Additionally, multiplying “A” with “Q” can be done through the large-data technique of scanning “A” as stored on the hard drive and performing the multiplication operation with individual rows of “A” as they are read in from the hard drive.
How To Use
This feature may be accessed from either a spreadsheet with mapped genotypic data or from a spreadsheet with mapped numeric data. In either case, use Genotype > Compute Large Data PCA from the spreadsheet menu.
If your data is genotypic, the following dialog will come up:
The options for both Step 1 and Step 2 will show. The PCA Marker Normalization and Genetic Model for PCA choices in Step 1 are the same options as those in Genotype > Genotype Principal Component Analysis.
You may choose to skip Step 2 at first and only compute a Wishart matrix, then, later on, re-run only Step 2, selecting Use Pre-Computed Wishart Matrix and selecting the Wishart matrix you computed earlier.
The default Number of Principal Components is 15 because if these components are used for plotting eigenvectors against each other, the first 10 components will usually contain the most interesting information, with 15 adding 5 extra components for good measure.
Since the Halko algorithm depends upon random numbers, it will also be dependent upon the random number “seed”. To be able to reproduce the same results, use Fixed random seed (reproducible results).
Meanwhile, if the random number seed changes, the results will slightly change. The changes in results indicate where this algorithm is less accurate. Almost always, the error in this algorithm is within 10 times how much a result changes when the random number seed is changed. Use Dynamic random seed (investigate precision) to use a random seed that will be different every time you run Step 2 of this feature.
Meanwhile, if your data is numeric, this alternative dialog will come up:
Here also, the options for Step 1 and Step 2 will show.
For Step 1, the PCA Marker Normalization choices match those that would have been available for genotypic data, and if your data is recoded from genotypic data using the additive model, will produce the same results.
Meanwhile, if you want compatibility with Numeric > Numeric Principal Component Analysis, you should select Apply no normalization, which is the default. The output will match the output of Numeric > Numeric Principal Component Analysis when, in that feature, you check Center data by marker and un-check Center data by sample.
Step 2 for numeric data is exactly the same as Step 2 for genotypic data.

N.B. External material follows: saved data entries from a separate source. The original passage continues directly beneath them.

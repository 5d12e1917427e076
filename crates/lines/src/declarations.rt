#![tactic(auto, using(crate::proofs::Readings::refused, crate::proofs::Readings::recorded))]

// The lines that declare a network. Each mark names its own fields and their kinds: one function that took these and a
// closure that made the record would say no less, and less plainly.
ghost use Rattle.std.specs.Prelude.{◌↔◌, pos, IsTrue};
ghost use Rattle.lines.specs.Fields.{Undelayed};
ghost use Rattle.lines.specs.Records.{connection_code};
ghost use Rattle.lines.specs.Steps.{Front, ReadAs};
ghost use Rattle.lines.specs.declared.mark.Mark.TheVariants.{Reactor, Input, Output, Timer, Action, Connection, Reaction, Trigger, Write, Schedule, Stop};

use crate::build::{kind_at, number_at};
use crate::fields::fields;
use crate::kind::Kind;
use crate::records::{ConnectionKind, Record};
use refusals::Refusal;

pub(crate) fn reactor(line: &[u8]) -> Result<Record<'_>, Refusal>
    requires { Front line.now Reactor }
    ensures { ReadAs Reactor line.now result }
{
    let [] = fields(line, &[])?;
    Ok(Record::Reactor)
}

pub(crate) fn input(line: &[u8]) -> Result<Record<'_>, Refusal>
    requires { Front line.now Input }
    ensures { ReadAs Input line.now result }
{
    let [reactor] = fields(line, &[Kind::Number])?;
    Ok(Record::Input {
        reactor: number_at(line, reactor),
    })
}

pub(crate) fn output(line: &[u8]) -> Result<Record<'_>, Refusal>
    requires { Front line.now Output }
    ensures { ReadAs Output line.now result }
{
    let [reactor] = fields(line, &[Kind::Number])?;
    Ok(Record::Output {
        reactor: number_at(line, reactor),
    })
}

pub(crate) fn timer(line: &[u8]) -> Result<Record<'_>, Refusal>
    requires { Front line.now Timer }
    ensures { ReadAs Timer line.now result }
{
    let [reactor, first, period] = fields(line, &[Kind::Number, Kind::Time, Kind::Time])?;
    Ok(Record::Timer {
        reactor: number_at(line, reactor),
        first: number_at(line, first),
        period: number_at(line, period),
    })
}

pub(crate) fn action(line: &[u8]) -> Result<Record<'_>, Refusal>
    requires { Front line.now Action }
    ensures { ReadAs Action line.now result }
{
    let [reactor, kind, delay] = fields(line, &[Kind::Number, Kind::UpTo(1), Kind::Time])?;
    Ok(Record::Action {
        reactor: number_at(line, reactor),
        kind: kind_at(line, kind),
        delay: number_at(line, delay),
    })
}

// An undelayed connection has no delay.
fn delay_fits(kind: ConnectionKind, delay: u64) -> bool
    ensures { IsTrue result ↔ Undelayed (pos (connection_code kind)) (pos delay) }
{
    kind == ConnectionKind::Delayed || delay == 0
}

pub(crate) fn connection(line: &[u8]) -> Result<Record<'_>, Refusal>
    requires { Front line.now Connection }
    ensures { ReadAs Connection line.now result }
{
    let [output, input, kind, delay] = fields(
        line,
        &[Kind::Number, Kind::Number, Kind::UpTo(1), Kind::Time],
    )?;
    let kind = kind_at(line, kind);
    let delay = number_at(line, delay);
    if !delay_fits(kind.value, delay.value) {
        return Err(Refusal::OutOfRange);
    }
    Ok(Record::Connection {
        output: number_at(line, output),
        input: number_at(line, input),
        kind,
        delay,
    })
}

pub(crate) fn reaction(line: &[u8]) -> Result<Record<'_>, Refusal>
    requires { Front line.now Reaction }
    ensures { ReadAs Reaction line.now result }
{
    let [reactor, body] = fields(line, &[Kind::Number, Kind::UpTo(255)])?;
    Ok(Record::Reaction {
        reactor: number_at(line, reactor),
        body: number_at(line, body),
    })
}

pub(crate) fn trigger(line: &[u8]) -> Result<Record<'_>, Refusal>
    requires { Front line.now Trigger }
    ensures { ReadAs Trigger line.now result }
{
    let [reaction, kind, source] = fields(line, &[Kind::Number, Kind::UpTo(3), Kind::Number])?;
    Ok(Record::Trigger {
        reaction: number_at(line, reaction),
        kind: kind_at(line, kind),
        source: number_at(line, source),
    })
}

pub(crate) fn write(line: &[u8]) -> Result<Record<'_>, Refusal>
    requires { Front line.now Write }
    ensures { ReadAs Write line.now result }
{
    let [reaction, output] = fields(line, &[Kind::Number, Kind::Number])?;
    Ok(Record::Write {
        reaction: number_at(line, reaction),
        output: number_at(line, output),
    })
}

pub(crate) fn schedule(line: &[u8]) -> Result<Record<'_>, Refusal>
    requires { Front line.now Schedule }
    ensures { ReadAs Schedule line.now result }
{
    let [reaction, action] = fields(line, &[Kind::Number, Kind::Number])?;
    Ok(Record::Schedule {
        reaction: number_at(line, reaction),
        action: number_at(line, action),
    })
}

pub(crate) fn stop(line: &[u8]) -> Result<Record<'_>, Refusal>
    requires { Front line.now Stop }
    ensures { ReadAs Stop line.now result }
{
    let [time] = fields(line, &[Kind::Time])?;
    Ok(Record::Stop {
        time: number_at(line, time),
    })
}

The output spreadsheet for eigenvalues and the output spreadsheet for eigenvectors are in exactly the same format as those generated by Genotype > Genotype Principal Component Analysis and by Numeric > Numeric Principal Component Analysis. This means that you can use your output Principal Components/Eigenvectors spreadsheet from a Genotype > Compute Large Data PCA run as a pre-computed principal components spreadsheet to apply PCA correction to your data. To do this, use Genotype > Genotype Principal Component Analysis or Numeric > Numeric Principal Component Analysis, select the Use precomputed principal components choice that exists in either feature and choose your output Principal Components/Eigenvectors spreadsheet.
Setting the “Transpose and analysis memory usage” to its new default level of 2 GB, 4K samples can be processed to get 15 principal components in a matter of seconds,14K samples can be processed in a minute and a half, 28K samples can be processed on the order of eleven minutes, and 40K samples, which took hours before, can be processed on the order of a half hour.
Recently, an analysis using a preliminary version of this new feature was able to process a dataset with 400,000 samples, ten times the upper limit of the number of samples that the earlier features could process. This took about three days–it wasn’t instantaneous, but the job did get done. Previously, this dataset would have been impossible to analyze at all.